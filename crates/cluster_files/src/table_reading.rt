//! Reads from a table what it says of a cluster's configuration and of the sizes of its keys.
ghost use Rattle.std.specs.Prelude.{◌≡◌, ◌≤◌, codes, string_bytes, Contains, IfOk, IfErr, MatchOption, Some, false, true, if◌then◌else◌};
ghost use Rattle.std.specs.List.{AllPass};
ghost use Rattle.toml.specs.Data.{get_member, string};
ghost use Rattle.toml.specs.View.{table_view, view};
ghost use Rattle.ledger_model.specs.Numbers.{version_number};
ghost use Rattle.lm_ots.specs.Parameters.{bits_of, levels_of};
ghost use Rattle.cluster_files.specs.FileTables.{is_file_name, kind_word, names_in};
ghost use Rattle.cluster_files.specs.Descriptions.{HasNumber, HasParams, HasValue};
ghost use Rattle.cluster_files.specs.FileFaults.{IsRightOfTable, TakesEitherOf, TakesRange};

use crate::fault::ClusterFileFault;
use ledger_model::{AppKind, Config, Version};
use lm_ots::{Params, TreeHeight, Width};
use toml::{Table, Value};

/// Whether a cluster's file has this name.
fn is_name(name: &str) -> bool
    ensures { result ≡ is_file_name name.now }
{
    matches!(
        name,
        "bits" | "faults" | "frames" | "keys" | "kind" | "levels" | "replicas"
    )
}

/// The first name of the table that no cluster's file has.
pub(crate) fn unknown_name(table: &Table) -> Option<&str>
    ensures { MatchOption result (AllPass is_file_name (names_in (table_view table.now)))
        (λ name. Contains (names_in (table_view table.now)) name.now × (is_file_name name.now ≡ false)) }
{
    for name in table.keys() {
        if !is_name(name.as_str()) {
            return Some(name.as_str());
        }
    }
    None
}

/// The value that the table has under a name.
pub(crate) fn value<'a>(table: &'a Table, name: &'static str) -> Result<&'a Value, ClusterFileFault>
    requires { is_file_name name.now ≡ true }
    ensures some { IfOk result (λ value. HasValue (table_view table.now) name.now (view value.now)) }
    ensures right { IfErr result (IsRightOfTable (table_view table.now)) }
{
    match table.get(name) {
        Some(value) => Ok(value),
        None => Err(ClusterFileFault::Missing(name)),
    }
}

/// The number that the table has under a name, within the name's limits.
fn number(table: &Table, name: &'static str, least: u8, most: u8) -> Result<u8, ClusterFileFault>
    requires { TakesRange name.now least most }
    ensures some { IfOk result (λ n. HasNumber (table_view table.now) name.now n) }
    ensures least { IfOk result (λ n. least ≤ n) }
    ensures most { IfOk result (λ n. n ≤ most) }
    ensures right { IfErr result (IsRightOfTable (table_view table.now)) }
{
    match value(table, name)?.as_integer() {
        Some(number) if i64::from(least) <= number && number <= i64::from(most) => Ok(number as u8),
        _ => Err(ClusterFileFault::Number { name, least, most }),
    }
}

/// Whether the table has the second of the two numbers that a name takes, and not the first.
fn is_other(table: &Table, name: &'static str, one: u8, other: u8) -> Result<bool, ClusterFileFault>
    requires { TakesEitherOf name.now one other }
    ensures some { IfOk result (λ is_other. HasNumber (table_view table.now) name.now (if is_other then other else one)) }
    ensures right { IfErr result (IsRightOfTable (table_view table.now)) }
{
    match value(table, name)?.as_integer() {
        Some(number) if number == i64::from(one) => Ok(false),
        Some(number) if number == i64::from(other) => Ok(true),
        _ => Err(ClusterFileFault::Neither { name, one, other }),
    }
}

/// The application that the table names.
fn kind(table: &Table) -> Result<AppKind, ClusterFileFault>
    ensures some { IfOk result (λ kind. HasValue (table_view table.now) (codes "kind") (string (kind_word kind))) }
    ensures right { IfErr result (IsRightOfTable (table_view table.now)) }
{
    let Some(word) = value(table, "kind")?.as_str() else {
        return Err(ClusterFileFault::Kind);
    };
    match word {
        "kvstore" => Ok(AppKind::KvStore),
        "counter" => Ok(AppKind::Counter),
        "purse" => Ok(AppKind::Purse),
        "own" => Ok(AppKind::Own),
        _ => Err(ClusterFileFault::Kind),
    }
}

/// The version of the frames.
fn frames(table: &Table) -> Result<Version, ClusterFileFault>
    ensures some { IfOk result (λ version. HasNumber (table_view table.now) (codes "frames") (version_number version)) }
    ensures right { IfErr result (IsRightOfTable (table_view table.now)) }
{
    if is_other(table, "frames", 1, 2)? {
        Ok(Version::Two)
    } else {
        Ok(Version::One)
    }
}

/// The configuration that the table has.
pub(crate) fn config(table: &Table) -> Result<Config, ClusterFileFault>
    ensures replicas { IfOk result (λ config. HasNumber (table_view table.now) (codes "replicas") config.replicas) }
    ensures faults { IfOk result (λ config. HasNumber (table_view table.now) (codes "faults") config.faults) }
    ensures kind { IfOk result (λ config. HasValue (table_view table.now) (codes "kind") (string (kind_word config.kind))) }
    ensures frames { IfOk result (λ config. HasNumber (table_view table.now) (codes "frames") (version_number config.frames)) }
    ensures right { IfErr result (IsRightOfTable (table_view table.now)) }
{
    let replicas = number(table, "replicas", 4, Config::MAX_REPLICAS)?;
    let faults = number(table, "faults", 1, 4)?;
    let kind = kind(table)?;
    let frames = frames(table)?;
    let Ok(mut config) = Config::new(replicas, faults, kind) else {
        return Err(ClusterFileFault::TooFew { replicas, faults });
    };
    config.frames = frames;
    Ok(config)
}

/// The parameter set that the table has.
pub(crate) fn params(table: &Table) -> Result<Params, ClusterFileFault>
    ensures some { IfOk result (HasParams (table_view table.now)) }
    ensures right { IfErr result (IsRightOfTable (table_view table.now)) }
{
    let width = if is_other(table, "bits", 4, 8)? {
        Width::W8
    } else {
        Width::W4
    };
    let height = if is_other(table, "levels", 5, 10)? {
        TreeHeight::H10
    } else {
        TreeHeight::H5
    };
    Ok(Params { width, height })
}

========================

** PROBLEM DESCRIPTION **
Starting from the line that contains "TreeHeight::H10", transcribe each line to the end of the records above. Please add nothing.

** SOLVED PROBLEM **
        TreeHeight::H10
    } else {
        TreeHeight::H5
    };
    Ok(Params { width, height })
}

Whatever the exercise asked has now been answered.